Here are few pictures from my Model 3 (Europe, VIN 376xxx).
It is definitely HW2.5 (as written on one of the labels), and similarly does not contain SIM card slot and does have that additional green coax connector.


----------



## r2d2fd

kornerz said:


> Here are few pictures from my Model 3 (Europe, VIN 376xxx).
> It is definitely HW2.5 (as written on one of the labels), and similarly does not contain SIM card slot and does have that additional green coax connector.
> View attachment 29686
> 
> View attachment 29687
> 
> View attachment 29688


Thank you for take the metal flap cover out. They must moved the sim card module somewhere or is it an eSIM on newer cars?
I just found out that the green connector is a emergency call antenna.


----------



## airbus

I would assume they are now at using e-sim´s This far more easy and can be changed via software and remotely changed as well. T-Mobil is one of the first telecom companies using it (e-sim) here in Europe and makes in my opinion more sense anyway.


----------



## kornerz

Given there's much of interest on SIM replacement topic here in Ukraine, fellow Tesla owners were able to confirm with Tesla that:
- Model 3 indeed uses eSIM now
- Physical SIM slot is still there
- Physical SIM can be inserted and used, but that may require Tesla service assistance to activate.


----------



## mohdysf

I have same issue I need to replace the Sim card for Tesla model 3 us version to Europe.. it may connect to LTE but E will work .. slow but it will be connected .. help how to do it


----------



## mohdysf

Anyone amange to change the Sim card for Tesla model 3


----------



## mohdysf

Any update


----------



## garsh

Link: https://www.drive2.ru/l/534623236428661304/

Cable on AliExpress: https://ru.aliexpress.com/item/4000053268779.html



Perscitus said:


> Someone over in Russia got a hold of a US spec Model 3 with the -NA Telit LTE Connectivity board and posted info on replacing the eSIM (if needed)
> with a regular SIM from a local telco. Source www.drive2.ru, rough Google Translate robo-translation follows:
> 
> "Found how simple and cheap to solve the problem. I share: *de-solder the eSIM chip and instead of it solder in an extension cord with a SIM card slot (online for $1).
> Insert a regular activated SIM card and everything works. The whole procedure takes 30 minutes. *I'll lay out the whole process separately."


----------



## MelindaV

Another reference to it being an eSIM

__ https://twitter.com/i/web/status/1203371403971637249


----------



## r2d2fd

Correction: Computer hardware 3.0 does has a physical SIM slot.


----------



## garsh

r2d2fd said:


> Correction: Computer hardware 3.0 does has a physical SIM slot.


Thanks for the info!

Can you provide a source for that picture?


----------



## r2d2fd

garsh said:


> Thanks for the info!
> 
> Can you provide a source for that picture?

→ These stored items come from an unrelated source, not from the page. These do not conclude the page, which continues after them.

//! Operations on two numbers of one width.

ghost use Rattle.std.specs.Prelude.{◌≡◌, ◌^◌, ◌<◌};
ghost use Rattle.vg_base.specs.Width.{bits_of};
ghost use Rattle.vg_scalar.specs.Scalar.{two_result};

use crate::low::{is_less_signed, low};
use vg_base::width::Width;

/// An operation on two numbers of one width, which gives a number of that width.
#[derive(Clone, Copy, Debug, PartialEq, Eq)]
pub enum TwoOp {
    /// The sum, modulo 2 to the width, as the difference and the product.
    Add,
    Sub,
    Mul,
    /// Bit by bit.
    And,
    Or,
    Xor,
    /// The least and the greatest in two's complement.
    Smin,
    Smax,
    /// The least and the greatest of numbers without a sign.
    Umin,
    Umax,
}

impl TwoOp {
    /// The result, below 2 to the width. Of each number the low bits count.
    pub fn apply(self, width: Width, left: u64, right: u64) -> u64
        ensures is { result ≡ two_result self (bits_of width) left right }
        ensures below { result < 2 ^ bits_of width }
    {
        let first = low(width, left);
        let second = low(width, right);
        match self {
            TwoOp::Add => low(width, left.wrapping_add(right)),
            TwoOp::Sub => low(width, left.wrapping_sub(right)),
            TwoOp::Mul => low(width, left.wrapping_mul(right)),
            TwoOp::And => first & second,
            TwoOp::Or => first | second,
            TwoOp::Xor => first ^ second,
            TwoOp::Smin => if is_less_signed(width, left, right) {
                first
            } else {
                second
            },
            TwoOp::Smax => if is_less_signed(width, left, right) {
                second
            } else {
                first
            },
            TwoOp::Umin => first.min(second),
            TwoOp::Umax => first.max(second),
        }
    }
}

I took it myself but nothing happens after fully inserted the sim card.


----------



## garsh

I'm confused.

I thought hardware 3.0 was only the autopilot computer. Why would the SIM be part of that?
Are you sure you have the correct component?


----------



## garsh

r2d2fd said:


> Correction: Computer hardware 3.0 does has a physical SIM slot.




__ https://twitter.com/i/web/status/1203371403971637249


----------



## kornerz

r2d2fd said:


> I took it myself but nothing happens after fully inserted the sim card.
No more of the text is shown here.